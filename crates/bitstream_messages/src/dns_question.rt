//! A question of a DNS message (RFC 1035, 4.1.2).
//!
//! Made by `./format` from formats/dns_question.fields: edit that file and make this one anew.
ghost use Rattle.bitstream_messages.specs.DnsQuestion.{dns_question_decoder, dns_question_writes, dns_question_size, dns_question_bits, Fits, becomes_dns_question, dns_name_error};
ghost use Rattle.bitstream_messages.specs.declared.dns_question.DnsQuestion.{DnsQuestion};
ghost use Rattle.bitstream_messages.specs.declared.dns_question.DnsQuestionError.{DnsQuestionError};
ghost use Rattle.bitstream_messages.specs.declared.dns_question.DnsQuestionError.TheVariants.{Reader};
ghost use Rattle.std.specs.Prelude.{◌≡◌, ◌<◌, ◌≤◌, ◌*◌, ◌++◌, ◌⊎◌, ℕ, Bool, true, List, Ok, Err, length, IfOk, IsOk};
ghost use Rattle.std.specs.declared.io.ErrorKind.TheVariants.{WriteZero};
ghost use Rattle.bitstream_io.specs.Callers.{Done, Error, Order, High, bits, write_sequence, OwnAnswer, WritesAll, AllAccepted, sequence_length, sure_answer, GrowsOwn, MayAllocate, OutOfMemory, Stream, same_error};
ghost use Rattle.bitstream_io.specs.SliceMut.{HoldsFirst, written_bytes};

use crate::dns_name::{DnsName, DnsNameError};
use bitstream_io::{
    BE, BitRead, BitReadExt, BitReader, BitWrite, BitWriteExt, Bits, Error, FromBitStreamUsing,
    SliceMut, ToBitStream, pack_into,
};
use std::alloc::Global;
use std::marker::Model;

/// A question of a DNS message (RFC 1035, 4.1.2).
///
/// ```text
///  0                   1                   2                   3
///  0 1 2 3 4 5 6 7 8 9 0 1 2 3 4 5 6 7 8 9 0 1 2 3 4 5 6 7 8 9 0 1
/// +-+-+-+-+-+-+-+-+-+-+-+-+-+-+-+-+-+-+-+-+-+-+-+-+-+-+-+-+-+-+-+-+
/// /                         name (DnsName)                        /
/// +-+-+-+-+-+-+-+-+-+-+-+-+-+-+-+-+-+-+-+-+-+-+-+-+-+-+-+-+-+-+-+-+
/// |              kind             |             class             |
/// +-+-+-+-+-+-+-+-+-+-+-+-+-+-+-+-+-+-+-+-+-+-+-+-+-+-+-+-+-+-+-+-+
/// ```
#[derive(Debug, Drop)]
pub struct DnsQuestion {
    /// The name that is asked for.
    pub name: DnsName,
    /// The type of the records, as 1 for an address of IPv4.
    pub kind: u16,
    /// The class, 1 for the Internet.
    pub class: u16,
}

impl Model for DnsQuestion {
    ghost use Rattle.bitstream_messages.specs.DnsQuestionFields.{DnsQuestionFields};

    ghost Value = { DnsQuestionFields };

    ghost view = { λ value. record {
      name = value.name;
      kind = value.kind;
      class = value.class;
    } };
}

/// The errors of reading a `DnsQuestion`.
#[derive(Debug, Drop, thiserror::Error)]
pub enum DnsQuestionError {
    /// An error of the reader.
    #[error("{0}")]
    Reader(Error),
    /// An error of a `DnsName` that is not the reader's.
    #[error("in a `DnsName`: {0}")]
    InDnsName(DnsNameError),
}

impl From<Error> for DnsQuestionError {
    ghost from_gives = { becomes_dns_question };

    fn from(error: Error) -> DnsQuestionError {
        DnsQuestionError::Reader(error)
    }
}

impl From<DnsNameError> for DnsQuestionError {
    ghost from_gives = { λ error own. own ≡ dns_name_error error };

    fn from(error: DnsNameError) -> DnsQuestionError {
        match error {
            DnsNameError::Reader(error) => DnsQuestionError::Reader(error),
            DnsNameError::InDnsLabel(error) => DnsQuestionError::InDnsName(DnsNameError::InDnsLabel(
                error,
            )),
        }
    }
}

impl DnsQuestion {
    /// Reads the fields in order.
    ///
    /// # Errors
    ///
    /// `InDnsName`, after the rejected bits have been read.
    /// `Reader(OutOfMemory)` if an allocation for a list fails. The items before the failure
    /// have been read.
    /// Otherwise the reader's errors, after which it has failed.
    pub fn read<R: BitRead>(reader: &mut R, alloc: Global) -> Result<DnsQuestion, DnsQuestionError>
        ensures { GrowsOwn R.source becomes_dns_question (dns_question_decoder R.source.order) reader.old result reader.new }
    {
        let name = DnsName::read(reader, alloc)?;
        let kind = reader.read::<Bits<16>, u16>()?;
        let class = reader.read::<Bits<16>, u16>()?;
        Ok(DnsQuestion { name, kind, class })
    }

    /// Parses the value at the start of `packet`.
    ///
    /// # Errors
    ///
    /// `InDnsName` if bits are rejected.
    /// `Reader(EndOfInput)` if the bytes end before the fields do.
    /// `Reader(RunTooLong)` if the last part is not among the first 2^32.
    /// `Reader(OutOfMemory)` if the allocation for an item of a list fails.
    pub fn parse(packet: &[u8], alloc: Global) -> Result<DnsQuestion, DnsQuestionError>
        ensures answer { (OwnAnswer becomes_dns_question (λ answer. answer)
            (sure_answer ((dns_question_decoder High).reads 0 (bits High packet.now))) result)
            ⊎ ((result ≡ Err (DnsQuestionError.Reader OutOfMemory))
            × MayAllocate (dns_question_decoder High) 0 (bits High packet.now)) }
        ensures back { (value : DnsQuestion) (more : List Bool) → Fits value
            → bits High packet.now ≡ write_sequence (dns_question_writes High value) 0 ++ more
            → (result ≡ Ok value)
            ⊎ (result ≡ Err (DnsQuestionError.Reader OutOfMemory)) }
    {
        dns_question_round_trip();
        DnsQuestion::read(&mut BitReader::<_, BE>::over(packet), alloc)
    }

    /// Writes the fields in order.
    ///
    /// # Errors
    ///
    /// `Checked` for a field that does not fit its bits. The fields before it have been written.
    /// Otherwise the sink's errors.
    pub fn write<W: BitWrite>(&self, writer: &mut W) -> Result<(), Error>
        ensures { WritesAll W.sink (dns_question_writes W.sink.order self.now) writer.old result writer.new }
    {
        self.name.write(writer)?;
        writer.write::<Bits<16>, u16>(self.kind)?;
        writer.write::<Bits<16>, u16>(self.class)?;
        Ok(())
    }

    /// Writes the fields to the first bytes of a buffer, and returns what was written. The other bytes
    /// stay as they were. Does not allocate.
    ///
    /// # Errors
    ///
    /// `Checked` for the first field that does not fit its bits, however long the buffer is.
    /// `Stream(WriteZero)` if all fields fit, and the buffer is too short for the bits.
    /// After an error, the first bytes of the buffer may have changed.
    pub fn pack_into<'a>(&self, buffer: &'a mut [u8]) -> Result<SliceMut<'a>, Error>
        ensures packed { IfOk result (λ packed. bits High (written_bytes packed) ≡ dns_question_bits self.now) }
        ensures first { IfOk result (HoldsFirst buffer.entry.ghost_name buffer.old) }
        ensures accepted { IsOk result → AllAccepted (dns_question_writes High self.now) 0 }
        ensures misfit { (error : Error) → sequence_length (dns_question_writes High self.now) 0 ≡ Err error
            → result ≡ Err error }
        ensures room { Fits self.now → dns_question_size High self.now ≤ 8 * length buffer.old
            → IsOk result }
        ensures short { Fits self.now → 8 * length buffer.old < dns_question_size High self.now
            → result ≡ Err (Stream WriteZero) }
    {
        pack_into::<BE, DnsQuestion>(self, buffer)
    }
}

impl FromBitStreamUsing for DnsQuestion {
    type Context = Global;

    type Error = DnsQuestionError;

    ghost grows = { true };

    ghost becomes = { becomes_dns_question };

    ghost reads = { λ o _. dns_question_decoder o };

    fn from_reader<R: BitRead>(
        reader: &mut R,
        alloc: Global,
    ) -> Result<DnsQuestion, DnsQuestionError> {
        DnsQuestion::read(reader, alloc)
    }
}

impl ToBitStream for DnsQuestion {
    type Error = Error;

    ghost becomes = { same_error };

    ghost writes = { dns_question_writes };

    fn to_writer<W: BitWrite>(&self, writer: &mut W) -> Result<(), Error> {
        self.write(writer)
    }
}

/// A value that fits its bits is read back as it was written, in either order of bits, at any place.
/// The read takes only the bits that were written: `dns_question_size` is their number.
pub fn dns_question_round_trip()
    ensures back { (o : Order) (value : DnsQuestion) (at from : ℕ) (more : List Bool) → Fits value
        → let written = write_sequence (dns_question_writes o value) at in
        (dns_question_decoder o).reads from (written ++ more) ≡ Done (length written) (Ok (Ok value)) }
    ensures size { (o : Order) (value : DnsQuestion) (at : ℕ) → Fits value
        → length (write_sequence (dns_question_writes o value) at) ≡ dns_question_size o value }
{}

What the task asks: Please count how many lines of the material above include the string "Otherwise", then give that number alone.

Response: 2